If you own a sewing machine and have the time, skill, and access to elastic and fabric, you can sew your own mask. And that’s where some Fountain Hill ES teachers and friends decided to step in to help families in need.
The idea came up during a first-grade team meeting, teacher Lydia Stachina explains.
“We were discussing the importance of masks, and that not everyone has access to one,” she said.
Stachina, her mother Lisa, and neighborhood friend Pamela Gauthier had been making and selling masks to raise money for the district’s Backpack Pals food assistance program. First-grade teacher Christine Taylor had been sewing them as part of a project at St. Peter’s Lutheran Church near Pen Argyl. Fifth-grade teacher Todd Maurer’s wife Aleshea had also been making masks for friends and family on her own.
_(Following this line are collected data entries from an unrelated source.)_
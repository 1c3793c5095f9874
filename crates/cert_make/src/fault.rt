ghost use Rattle.std.specs.Prelude.{◌≡◌};

use net_values::NoMemory;

/// Why bounds get no certificate: out of memory, or one of the two sums of this row at this column of the net's
/// incidence exceeds 2^127 - 1. Rows and columns are counted from 0.
#[derive(Clone, Copy, Debug, PartialEq, Eq)]
pub enum BoundCertFault {
    NoMemory,
    WideCheck(usize, usize),
}

impl From<NoMemory> for BoundCertFault {
    ghost use Rattle.cert_make.specs.declared.fault.BoundCertFault.{BoundCertFault};

    ghost from_gives = { λ _ fault. fault ≡ BoundCertFault.NoMemory };

    fn from(_error: NoMemory) -> BoundCertFault {
        BoundCertFault::NoMemory
    }
}
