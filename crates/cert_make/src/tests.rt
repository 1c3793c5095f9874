use super::*;
use bounds::bounds;
use certificates::{Certificate, Claim, Flow, TreeLine};
use incidence::Incidence;
use net_class::{Verdict, commoner};
use net_values::{FlatNet, NoMemory};
use semiflow_elim::minimal_semiflows;
use siphon_branch::{SetFault, minimal_siphons};
use small_nets::{Arc, CYCLE, LEAK, SCALE, net_with};
use std::alloc::Global;
use std::test::Fail;

/// A transition that takes from two places and gives to two others.
const CROSS: &[Arc] = &[(0, 0, -1), (1, 0, -1), (2, 0, 1), (3, 0, 1)];

/// A chain whose only semiflow has narrow entries, and a wide sum at the first transition.
const WIDE: &[Arc] = &[
    (0, 0, -4),
    (1, 0, 4),
    (1, 1, -1),
    (2, 1, 1 << 63),
    (2, 2, -1),
    (3, 2, 1 << 63),
];

/// A place with its coefficient, and a place with its bound and the number of its flow.
type Terms = &'static [(u32, i128)];

type Claimed = (u32, i128, u32);

/// A net by its initial tokens and its arcs, and the flows and claims of its certificate, or the row and the
/// column of the wide check.
struct BoundRow {
    shows: &'static str,
    tokens: &'static [u64],
    transitions: usize,
    arcs: &'static [Arc],
    answer: Result<(&'static [Terms], &'static [Claimed]), (usize, usize)>,
}

const BOUNDS: [BoundRow; 6] = [
    BoundRow {
        shows: "a ring",
        tokens: &[1, 0],
        transitions: 2,
        arcs: CYCLE,
        answer: Ok((&[&[(0, 1), (1, 1)]], &[(0, 1, 1), (1, 1, 1)])),
    },
    BoundRow {
        shows: "coefficients, and a bound that is rounded down",
        tokens: &[5, 0],
        transitions: 2,
        arcs: SCALE,
        answer: Ok((&[&[(0, 3), (1, 2)]], &[(0, 5, 1), (1, 7, 1)])),
    },
    BoundRow {
        shows: "the second of four rows isn't named",
        tokens: &[1, 2, 0, 0],
        transitions: 1,
        arcs: CROSS,
        answer: Ok((
            &[&[(1, 1), (3, 1)], &[(0, 1), (3, 1)], &[(0, 1), (2, 1)]],
            &[(0, 1, 2), (1, 2, 1), (2, 1, 3), (3, 1, 2)],
        )),
    },
    BoundRow {
        shows: "a place without a bound has no claim",
        tokens: &[1, 2],
        transitions: 1,
        arcs: &[(0, 0, 1)],
        answer: Ok((&[&[(1, 1)]], &[(1, 2, 1)])),
    },
    BoundRow {
        shows: "no place",
        tokens: &[],
        transitions: 1,
        arcs: &[],
        answer: Ok((&[], &[])),
    },
    BoundRow {
        shows: "a sum above 2^127 - 1",
        tokens: &[0; 4],
        transitions: 3,
        arcs: WIDE,
        answer: Err((0, 0)),
    },
];

/// The certificate of the least bounds of a net.
fn certified(
    alloc: Global,
    net: &FlatNet,
) -> Result<Result<Certificate, BoundCertFault>, NoMemory> {
    let matrix = Incidence::of(alloc, net)?;
    let Ok(rows) = minimal_semiflows(alloc, &matrix, 50) else {
        return Err(NoMemory);
    };
    let Ok(bounds) = bounds(alloc, net, &rows) else {
        return Err(NoMemory);
    };
    Ok(bound_certificate(alloc, net, &rows, &bounds))
}

/// Whether the certificate has exactly these flows and claims.
fn has_lines(certificate: &Certificate, flows: &[Terms], claims: &[Claimed]) -> bool {
    let Certificate::Bounds(lines) = certificate else {
        return false;
    };
    let found = lines.flows.as_slice();
    found.len() == flows.len()
        && found
            .iter()
            .zip(flows)
            .all(|(flow, terms)| has_terms(flow, terms))
        && lines.claims.len() == claims.len()
        && lines
            .claims
            .as_slice()
            .iter()
            .zip(claims)
            .all(|(claim, row)| is_claim(claim, row))
}

fn has_terms(flow: &Flow, terms: &[(u32, i128)]) -> bool {
    flow.as_slice() == terms
}

fn is_claim(claim: &Claim, row: &Claimed) -> bool {
    (claim.place, claim.bound, claim.flow) == *row
}

#[test]
fn certificates_of_bounds(rt: HostRuntime) -> Result<(), Fail> {
    let alloc = rt.alloc();
    for row in &BOUNDS {
        let net = net_with(alloc, row.tokens, row.transitions, row.arcs)?;
        match (certified(alloc, &net)?, row.answer) {
            (Ok(certificate), Ok((flows, claims))) => {
                assert!(rt; has_lines(&certificate, flows, claims), "{}", row.shows);
            }
            (Err(fault), Err((at, column))) => {
                assert_eq!(rt;
                    fault,
                    BoundCertFault::WideCheck(at, column),
                    "{}",
                    row.shows
                );
            }
            _ => assert!(rt; false, "{}", row.shows),
        }
    }
    Ok(())
}

/// What a net has: a siphon without a marked trap, a tree, or more grown siphons than the limit, of which so
/// many are carried.
#[derive(Clone, Copy)]
enum Wanted {
    Siphon(&'static [u32]),
    Tree(&'static [TreeLine]),
    Carried(usize),
}

/// A net by its initial tokens and its arcs, the limit, and what it has.
struct CommonerRow {
    shows: &'static str,
    tokens: &'static [u64],
    transitions: usize,
    arcs: &'static [Arc],
    sets: u32,
    wanted: Wanted,
}

/// The tree of two places that each are a siphon and a trap.
const ISLES: &[TreeLine] = &[
    TreeLine::Split(0),
    TreeLine::Split(1),
    TreeLine::Empty,
    TreeLine::Trap,
    TreeLine::Trap,
];

const TREES: [CommonerRow; 7] = [
    CommonerRow {
        shows: "a ring",
        tokens: &[1, 0],
        transitions: 2,
        arcs: CYCLE,
        sets: 1,
        wanted: Wanted::Tree(&[
            TreeLine::Split(0),
            TreeLine::Empty,
            TreeLine::Split(1),
            TreeLine::Empty,
            TreeLine::Trap,
        ]),
    },
    CommonerRow {
        shows: "no place",
        tokens: &[],
        transitions: 1,
        arcs: &[],
        sets: 0,
        wanted: Wanted::Tree(&[TreeLine::Empty]),
    },
    CommonerRow {
        shows: "two siphons at the limit",
        tokens: &[1, 1],
        transitions: 0,
        arcs: &[],
        sets: 2,
        wanted: Wanted::Tree(ISLES),
    },
    CommonerRow {
        shows: "one siphon more than the limit",
        tokens: &[1, 1],
        transitions: 0,
        arcs: &[],
        sets: 1,
        wanted: Wanted::Carried(2),
    },
    CommonerRow {
        shows: "no siphon allowed",
        tokens: &[1, 1],
        transitions: 0,
        arcs: &[],
        sets: 0,
        wanted: Wanted::Carried(1),
    },
    CommonerRow {
        shows: "a siphon that is no trap",
        tokens: &[1, 0],
        transitions: 1,
        arcs: &[(0, 0, -1), (1, 0, 1)],
        sets: 1,
        wanted: Wanted::Siphon(&[0]),
    },
    CommonerRow {
        shows: "a marked siphon whose trap has no token",
        tokens: &[1, 0],
        transitions: 3,
        arcs: LEAK,
        sets: 1,
        wanted: Wanted::Siphon(&[0, 1]),
    },
];

/// The certificate for Commoner's condition or against it, or how many siphons are carried.
fn decided(
    alloc: Global,
    net: &FlatNet,
    sets: u32,
) -> Result<Result<Certificate, usize>, NoMemory> {
    let Ok(siphons) = minimal_siphons(alloc, net, 100) else {
        return Err(NoMemory);
    };
    match commoner(alloc, net, &siphons)? {
        Verdict::No(siphon) => Ok(Ok(bad_siphon_certificate(alloc, net, &siphon)?)),
        Verdict::Yes => match commoner_certificate(alloc, net, sets) {
            Ok(certificate) => Ok(Ok(certificate)),
            Err(SetFault::SetLimit(carried)) => Ok(Err(carried.len())),
            Err(SetFault::NoMemory) => Err(NoMemory),
        },
    }
}

fn is_wanted(found: &Result<Certificate, usize>, wanted: Wanted) -> bool {
    match (found, wanted) {
        (Ok(Certificate::BadSiphon(places)), Wanted::Siphon(expected)) => {
            places.as_slice() == expected
        }
        (Ok(Certificate::Commoner(lines)), Wanted::Tree(expected)) => lines.as_slice() == expected,
        (Err(carried), Wanted::Carried(expected)) => *carried == expected,
        _ => false,
    }
}

#[test]
fn certificates_for_and_against_commoner(rt: HostRuntime) -> Result<(), Fail> {
    let alloc = rt.alloc();
    for row in &TREES {
        let net = net_with(alloc, row.tokens, row.transitions, row.arcs)?;
        let found = decided(alloc, &net, row.sets)?;
        assert!(rt; is_wanted(&found, row.wanted), "{}", row.shows);
    }
    Ok(())
}

/// How many philosophers sit at the table of the next test, and how many siphons are grown in their net.
const SEATS: usize = 20;

const GROWN: usize = 40;

/// The net of philosophers, of whom each takes the forks on both sides at once.
fn table(alloc: Global) -> Result<FlatNet, NoMemory> {
    let mut tokens = [1; 3 * SEATS];
    let mut arcs: Vec<Arc> = Vec::new(alloc);
    for seat in 0..SEATS {
        let eats = 2 * SEATS + seat;
        tokens[eats] = 0;
        for place in [seat, SEATS + seat, SEATS + (seat + 1) % SEATS] {
            arcs.push((place, 2 * seat, -1))?;
            arcs.push((place, 2 * seat + 1, 1))?;
        }
        arcs.push((eats, 2 * seat, 1))?;
        arcs.push((eats, 2 * seat + 1, -1))?;
    }
    net_with(alloc, &tokens, 2 * SEATS, arcs.as_slice())
}

/// The number of lines, and of those that close a class by a marked trap.
fn size(found: &Result<Certificate, usize>) -> (usize, usize) {
    let Ok(Certificate::Commoner(lines)) = found else {
        return (0, 0);
    };
    let mut traps = 0;
    for line in lines.as_slice() {
        if *line == TreeLine::Trap && traps < GROWN + 1 {
            traps += 1;
        }
    }
    (lines.len(), traps)
}

#[test]
fn a_tree_goes_with_the_grown_siphons(rt: HostRuntime) -> Result<(), Fail> {
    let alloc = rt.alloc();
    let net = table(alloc)?;
    let found = decided(alloc, &net, GROWN as u32)?;
    let (lines, traps) = size(&found);
    assert_eq!(rt; traps, GROWN);
    assert!(rt; lines <= 6 * GROWN, "{lines}");
    let fewer = decided(alloc, &net, GROWN as u32 - 1)?;
    assert!(rt; is_wanted(&fewer, Wanted::Carried(GROWN)));
    Ok(())
}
Coordinated by dean of students Garrett Podhyski, and with significant sewing assistance and donations from the Social Ministries Team at St. Peter’s, these five women sewed hundreds of masks for distribution to families during one of BASD’s “grab-and-go” lunch pickup sessions. The team also donated masks to the Fountain Hill Police Department.
Masks sewn by Aleshea Maurer are ready for distribution to families in need. Maurer is the wife of Fountain Hill ES fifth-grade teacher Todd Maurer.